La recherche ne parvenait pas à relancer la stimulation du système immunitaire contre le VIH. C’est maintenant chose faite. Dans l’essai Vaccil-2, 57,5 % des patients vaccinés, contre 25 % dans le groupe de contrôle non vacciné, ont développé une réponse immunitaire – c’est-à-dire une formation d’anticorps et une mobilisation de cellules tueuses – spécifique au VIH. Vingt-quatre pour cent des personnes vaccinées n’avaient pas eu besoin de reprendre leur traitement trois mois après l’interruption : le système immunitaire des patients avait contenu la charge virale. Ils devront cependant le reprendre un jour ou l’autre. Comme toute vaccination, celle-ci est plus ou moins durable, et il n’a pas été prévu dans le protocole expérimental de l’essai de revacciner ces patients.

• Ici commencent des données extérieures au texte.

// From readings to codes: an hour as an fvecs record or as whole units, over one core on X (01, Layers and steps; Bytes).
#![tactic(auto)]

ghost use Rattle.std.specs.Prelude.{Ok, ◌≡◌, [], ◌∷◌, ◌++◌, ◌+◌, ◌*◌, ◌/◌, ◌^◌, ◌≤◌, leb, pos, nat_abs, length, take, drop};
ghost use Rattle.integers.specs.Vectors.{Sized};
ghost use Rattle.layers.specs.Digits.{cut};
ghost use Rattle.layers.specs.Sizes.{long_power, Base};
ghost use Rattle.blocks.specs.Limits.{UsedSteps};
ghost use Rattle.refusals.specs.declared.Refusal.TheVariants.{Size};
ghost use Rattle.refusals.specs.Answers.{valued, written};
ghost use Rattle.refusals.specs.Verdicts.{unless, first_refusal};
ghost use Rattle.layers.specs.Code.{code8, size_of, code_of};
ghost use Rattle.records.specs.Codes.{Coder, block_bytes, code_length};
ghost use Rattle.encoding.specs.Encode.{check_fits, code_bytes, code_record, encode_asked, encoded, encoded_room};
ghost use Rattle.records.specs.Vectors.{units_hour, fvecs_hour, check_readings, in_blocks, UnitsTaken};

use readings::words;
use records::{asked, codes, frames, vectors};
use refusals::settings::Settings;
use refusals::{Refusal, settings};

// The most readings of an hour, and the most bytes that its blocks take: 64 blocks of 4 layers.
const READINGS_MOST: usize = 512;

const BYTES_MOST: usize = 2112;

// Codes each of k blocks into its own part of the lent bytes; refusal 6 at the first that no listed step fits.
fn code_blocks(
    x: &[i32],
    steps: &[i32],
    q: i64,
    m: usize,
    k: usize,
    out: &mut [u8],
) -> Result<(), Refusal>
    requires { Sized (8 * k) (2 ^ 24) x.now × UsedSteps steps.now × Base q × (m ≤ 256) × (nat_abs q ^ m ≤ long_power) × (block_bytes 8 m * k ≤ length out.old) }
    ensures answer { result ≡ check_fits (code8 (nat_abs q) m) steps.now 0 (cut 8 k x.now) }
    ensures room { result ≡ Ok tt → out.new ≡ code_bytes (code8 (nat_abs q) m) steps.now (cut 8 k x.now) ++ drop (block_bytes 8 m * k) out.old }
{
    let n = codes::block_size(m);
    for i in 0..k {
        let at = 8 * i;
        let end = at + 8;
        let from = n * i;
        let to = from + n;
        if blocks::code_block(&x[at..end], steps, q, m, &mut out[from..to]) >= steps.len() {
            return Err(Refusal::Overload(i));
        }
    }
    Ok(())
}

// Each of k blocks of n bytes in its own place of the lent record; the rest stays.
fn put_blocks(code: &[u8], n: usize, k: usize, out: &mut [u8])
    requires { (n * k ≤ length code.now) × (n * k ≤ length out.old) }
    ensures { out.new ≡ take (n * k) code.now ++ drop (n * k) out.old }
{
    for i in 0..k {
        let at = n * i;
        let end = at + n;
        out[at..end].copy_from_slice(&code[at..end]);
    }
}

// The core on X: k blocks coded, then their record at the front of the lent bytes; refusal 6 where a block has no step that fits.
fn put_record(x: &[i32], steps: &[i32], q: i64, m: usize, out: &mut [u8]) -> Result<i64, Refusal>
    requires { Coder q m steps.now × UnitsTaken 8 x.now × (code_length (code8 (nat_abs q) m) (length x.now / 8) ≤ length out.old) }
    ensures answer { result ≡ valued (check_fits (code8 (nat_abs q) m) steps.now 0 (in_blocks 8 x.now)) (pos (code_length (code8 (nat_abs q) m) (length x.now / 8))) }
    ensures room { out.new ≡ written (check_fits (code8 (nat_abs q) m) steps.now 0 (in_blocks 8 x.now)) (code_record (code8 (nat_abs q) m) steps.now (in_blocks 8 x.now)) out.old }
{
    let k = x.len() / 8;
    let mut code: [u8; BYTES_MOST] = [0; BYTES_MOST];
    code_blocks(x, steps, q, m, k, &mut code)?;
    let n = codes::block_size(m);
    words::put_word(out, 0, (n * k) as u32);
    put_blocks(&code, n, k, &mut out[4..]);
    Ok((4 + n * k) as i64)
}

// Refusal 3 where the room is under 4 + K (8 M + 1) bytes.
fn check_room(m: usize, k: usize, room: usize) -> Result<(), Refusal>
    requires { (m ≤ 256) × (k ≤ 2 ^ 32) }
    ensures { result ≡ unless (leb (4 + block_bytes 8 m * k) room) (Size 1) }
{
    if 4 + codes::block_size(m) * k <= room {
        Ok(())
    } else {
        Err(Refusal::Size(1))
    }
}

// All that is checked of an hour in whole units before it is coded: refusals 1, 2, 3 and 4 or 5.
fn check_units_hour(s: Settings, steps: &[i32], x: &[i32], room: usize) -> Result<(), Refusal>
    ensures { result ≡ first_refusal (encode_asked (code_of s) s steps.now (units_hour (size_of (code_of s)) x.now) room ∷ check_readings 0 (units_hour (size_of (code_of s)) x.now).readings ∷ []) }
{
    asked::check_coder(s, steps)?;
    if frames::whole_blocks(x.len(), 8, 1, frames::BLOCKS_MOST) {
        check_room(settings::layers(s), x.len() / 8, room)?;
        vectors::check_units(x)
    } else {
        Err(Refusal::Size(0))
    }
}

// All that is checked of an fvecs record before its readings are taken: refusals 1, 2, 10 and 3.
fn check_fvecs_hour(s: Settings, steps: &[i32], hour: &[u8], room: usize) -> Result<(), Refusal>
    ensures { result ≡ encode_asked (code_of s) s steps.now (fvecs_hour (size_of (code_of s)) hour.now) room }
{
    asked::check_coder(s, steps)?;
    if frames::good_record(hour, 4, 8, 1, frames::BLOCKS_MOST) {
        check_room(
            settings::layers(s),
            words::word_at(hour, 0) as usize / 8,
            room,
        )
    } else {
        Err(Refusal::Record(0))
    }
}

// Codes an hour in whole units as a bvecs record at the front of the lent bytes; its value is how many bytes were written.
pub fn encode_units(s: Settings, steps: &[i32], x: &[i32], out: &mut [u8]) -> Result<i64, Refusal>
    ensures answer { result ≡ encoded (code_of s) s steps.now (units_hour (size_of (code_of s)) x.now) (length out.old) }
    ensures room { out.new ≡ encoded_room (code_of s) s steps.now (units_hour (size_of (code_of s)) x.now) out.old }
{
    check_units_hour(s, steps, x, out.len())?;
    put_record(x, steps, settings::base(s), settings::layers(s), out)
}

// Codes an hour that is an fvecs record.
pub fn encode(s: Settings, steps: &[i32], hour: &[u8], out: &mut [u8]) -> Result<i64, Refusal>
    ensures answer { result ≡ encoded (code_of s) s steps.now (fvecs_hour (size_of (code_of s)) hour.now) (length out.old) }
    ensures room { out.new ≡ encoded_room (code_of s) s steps.now (fvecs_hour (size_of (code_of s)) hour.now) out.old }
{
    check_fvecs_hour(s, steps, hour, out.len())?;
    let n = words::word_at(hour, 0) as usize;
    let mut x: [i32; READINGS_MOST] = [0; READINGS_MOST];
    vectors::take_readings(hour, n, &mut x)?;
    put_record(&x[0..n], steps, settings::base(s), settings::layers(s), out)
}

Pourquoi 75 % des patients ont-ils dû, eux, reprendre rapidement leur traitement ? Même si Kazatchkine rappelle que « l’importance réside dans le fait que 25 % aient pu ne pas redémarrer leur trithérapie », il explique que, « dans le groupe vacciné, la durabilité de l’effet est directement proportionnelle à l’intensité de la réponse immunitaire provoquée. Si 75 % des patients n’ont pas répondu, c’est qu’ils n’ont probablement pas eu assez d’induction de réponse immunitaire. » Un autre facteur a également été noté par l’équipe de La Pitié-Salpêtrière, qui a coordonné l’essai Vacciter : la réponse vaccinale a été maximale après deux injections, puis a diminué avec les troisième et quatrième. Une amélioration de ces résultats, déjà inattendus, est donc envisageable en se limitant à deux injections. Cette observation sera vérifiée au cours des prochains essais.
Car cette bonne nouvelle ne signifie pas qu’un vaccin sera demain sur le marché. Mais la marge, estimée il y a peu encore à une décennie, s’est considérablement réduite. Il n’est pas utopique d’envisager l’accès à cette vaccinothérapie d’ici à trois ou cinq ans. « Elle soulagera des séropositifs, dans un premier temps, rappelle Kazatchkine, en leur permettant de suspendre les trithérapies, qui sont très contraignantes et entraînent de lourds effets secondaires parfois très mal supportés. Ou bien elle sera administrée en synergie avec les antirétroviraux, la tolérance aux multithérapies faiblissant avec le temps. Dans le futur, il est possible d’envisager que ce vaccin soit administré à des séropositifs pas encore sous traitement. Mais il faut être prudent, ce sont les futures stratégies d’essai. » Un autre écueil à la commercialisation se présentera : la production. Un laboratoire devra se porter candidat. Des industriels possèdent « ces résultats depuis plus d’un mois, mais ils n’ont pas encore réagi », souligne le directeur de l’ANRS. Ils devraient se mobiliser quand ils comprendront l’étendue du marché.
Outre les pays du Nord, les pays du Sud, cela ne fait aucun doute, seront intéressés par la thérapie vaccinale. Son coût, son mode et sa fréquence d’administration en font une solution thérapeutique bien plus accessible que les coûteux antirétroviraux, qui ne sont toujours pas disponibles au Sud et ne devraient malheureusement pas l’être pendant longtemps.